Review: Fahrenheit 451 by Ray Bradbury
Fahrenheit 451 is a dystopian novel written by Ray Bradbury published in 1953. This novel is known as one of Ray Bradbury’s best works. The novel’s plot consists of a future American society where books are illegal and “firemen burn” any books which are discovered. The title derives from the auto-ignition point or kindling point of the paper.
The novel is set up in an unspecified city at some unidentified future after the year 1960. The book has three parts “The Hearth and the Salamander”, “The Sieve and the Sand”, and “Burning Bright”. In The Hearth and the Salamander, in the first part of the book, Guy Montag who is a “fireman” employed to burn the belongings of those who have read outlawed books. One night while coming back from work, he meets his new neighbor, a teenage girl named Clarisse Mc Clellan whose free-thinking belief and energetic spirit make him think about his life and happiness. When he reaches home, he finds his wife Mildred overdosed on sleeping pills and calls for an ambulance. Fortunately, Mildred survives having no memory as to why she had so many pills.

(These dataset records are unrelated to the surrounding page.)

impl<'a, R: Threads + Sync> Judges for Beside<'a, R> {
    ghost ready = { IsSync R.row };

    fn judged(
        &self,
        alloc: Global,
        rows: &RowLog,
        snapshot: &Arc<Snapshot>,
        list: &[Waiting],
        stores: &mut Stores,
    ) -> Result<Verdicts, AllocError> {
        if (list.len() as u64).saturating_mul(snapshot.live_count().into()) < self.least {
            return judged(alloc, rows, snapshot, list, &mut stores.own);
        }
        stores.spread(alloc, self.workers)?;
        if stores.others.is_empty() {
            return judged(alloc, rows, snapshot, list, &mut stores.own);
        }
        let queue = Queue::of(alloc, list, stores.others.len().saturating_add(1))?;
        let own = slice::from_mut(&mut stores.own);
        let others = stores.others.as_mut_slice();
        let verdicts = both_halves(self.rt, alloc, rows, snapshot, &queue, own, others)?;
        // Stores that share less, for want of memory, are as right.
        drop(stores.level(self.rt));
        Ok(verdicts)
    }

    fn collected(
        &self,
        alloc: Global,
        wanted: &Wanted<'_>,
        order: &Order,
    ) -> Result<Vec<Waiting>, AllocError> {
        let taken = AtomicUsize::new(0);
        if wanted.are_few() {
            return collected(alloc, wanted, order, &taken);
        }
        collected_by(self.rt, alloc, wanted, order, &taken, self.workers)
    }

    fn sampled(
        &self,
        alloc: Global,
        rows: &RowLog,
        snapshot: &Snapshot,
    ) -> Result<Vec<Evidence>, AllocError> {
        sampled_by(self.rt, alloc, rows, snapshot, self.workers)
    }

    fn drafted(
        &self,
        alloc: Global,
        candidates: &CandidateCover,
        draft: &Draft,
        news: usize,
    ) -> Result<NewLists, AllocError> {
        let looks = count(candidates).max(LOOKS_AN_AGREE_SET) as u64;
        if (news as u64).saturating_mul(looks) < self.least {
            return drafted(alloc, candidates, draft);
        }
        drafted_by(self.rt, alloc, candidates, draft, self.workers)
    }
}

// Validates candidates part by part, and passes the gate after each.
pub(crate) fn judged_by_parts<J: Judges, G: Gate>(
    judges: &J,
    gate: &G,
    alloc: Global,
    rows: &RowLog,
    snapshot: &Arc<Snapshot>,
    list: &[Waiting],
    stores: &mut Stores,
) -> Result<Verdicts, AllocError>
    requires ready { J.ready }
    requires same { AreOf snapshot.now.value stores.old }
    requires asked { All (IsAsked rows.now snapshot.now.value) list.now }
    ensures verdicts { IfOk result (AreVerdicts rows.now snapshot.now.value) }
    ensures same { AreOf snapshot.now.value stores.new }
{
    let mut all = Verdicts::none(alloc);
    let mut rest = list;
    while !rest.is_empty() {
        let (part, later) = rest.split_at(rest.len().min(PART));
        let judged = judges.judged(alloc, rows, snapshot, part, stores)?;
        all = together(all, judged)?;
        gate.at(SEEKER, Point::Sought { left: later.len() });
        rest = later;
    }
    Ok(all)
}

// Validates candidates one after another on a store of the snapshot.
fn judged(
    alloc: Global,
    rows: &RowLog,
    snapshot: &Arc<Snapshot>,
    list: &[Waiting],
    store: &mut Store,
) -> Result<Verdicts, AllocError>
    requires same { store.old ≡ snapshot.now.value }
    requires asked { All (IsAsked rows.now snapshot.now.value) list.now }
    ensures verdicts { IfOk result (AreVerdicts rows.now snapshot.now.value) }
    ensures store { store.new ≡ store.old }
{
    let mut all = Verdicts::none(alloc);
    judge_all(alloc, rows, snapshot, list, store, &mut all)?;
    Ok(all)
}

// Validates candidates one after another, but for those that evidence just found refutes.
fn judge_all(
    alloc: Global,
    rows: &RowLog,
    snapshot: &Arc<Snapshot>,
    list: &[Waiting],
    store: &mut Store,
    all: &mut Verdicts,
) -> Result<(), AllocError>
    requires same { store.old ≡ snapshot.now.value }
    requires asked { All (IsAsked rows.now snapshot.now.value) list.now }
    requires verdicts { AreVerdicts rows.now snapshot.now.value all.old }
    ensures verdicts { OnOk result (AreVerdicts rows.now snapshot.now.value all.new) }
    ensures store { store.new ≡ store.old }
{
    for waiting in list {
        judge_unless_told(alloc, rows, snapshot, waiting, store, all)?;
    }
    Ok(())
}

// Validates candidates that it takes from a queue, until none is left: those of shares that it begins, and then, so that none waits long for
// the last one, those of shares that others are at.
fn judged_in_turn(
    alloc: Global,
    rows: &RowLog,
    snapshot: &Arc<Snapshot>,
    queue: &Queue<'_>,
    store: &mut Store,
) -> Result<Verdicts, AllocError>
    requires same { store.old ≡ snapshot.now.value }
    requires asked { All (IsAsked rows.now snapshot.now.value) queue.now.list.now }
    ensures verdicts { IfOk result (AreVerdicts rows.now snapshot.now.value) }
    ensures store { store.new ≡ store.old }
{
    let mut all = Verdicts::none(alloc);
    for _ in 0..queue.shares.len() {
        let Some(share) = queue.begin() else {
            break;
        };
        judge_share(alloc, rows, snapshot, queue, share, store, &mut all)?;
    }
    for share in queue.shares.iter().rev() {
        judge_share(alloc, rows, snapshot, queue, share, store, &mut all)?;
    }
    Ok(all)
}

// Validates candidates of a share, until none is left that another thread has not taken.
fn judge_share(
    alloc: Global,
    rows: &RowLog,
    snapshot: &Arc<Snapshot>,
    queue: &Queue<'_>,
    share: &Share,
    store: &mut Store,
    all: &mut Verdicts,
) -> Result<(), AllocError>
    requires same { store.old ≡ snapshot.now.value }
    requires asked { All (IsAsked rows.now snapshot.now.value) queue.now.list.now }
    requires verdicts { AreVerdicts rows.now snapshot.now.value all.old }
    ensures verdicts { OnOk result (AreVerdicts rows.now snapshot.now.value all.new) }
    ensures store { store.new ≡ store.old }
{
    for _ in share.start..share.end {
        let Some(waiting) = queue.take(share) else {
            break;
        };
        judge_unless_told(alloc, rows, snapshot, &waiting, store, all)?;
    }
    Ok(())
}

Clarisse and Montag commence having conversations every day when Montag walked back home. She told him about her interest and how her ideals have made her the odd one out in her school. Montag started to wait for their meetings and just as he begins to expect them; Clarisse goes absent, which makes him believe that something might have gone wrong. The following days, when the other tram of firemen were causing damage to the book-filled house of an old woman before the burning, Montag steals a book before any of his coworkers could notice. The woman refuses to leave her books and house behind, deciding to burn herself along with her books and accommodation.
Montag filled with the nostalgia of a woman burning herself returns back home. He hides the book under his pillow while getting ready for bedtime. He tries to talk to his wife Mildred and somehow manages to. During the conversation, he realizes that he knows little about his wife, and how little they have in common. Montag asks his wife if she had seen Clarisse, to which she mutters that she believes that Clarisse died after getting struck by a speeding car and her family had relocated.
While trying to sleep, he feels the presence of “The Hound”, which is an eight-legged robotic creature used by the firemen for help, in his room.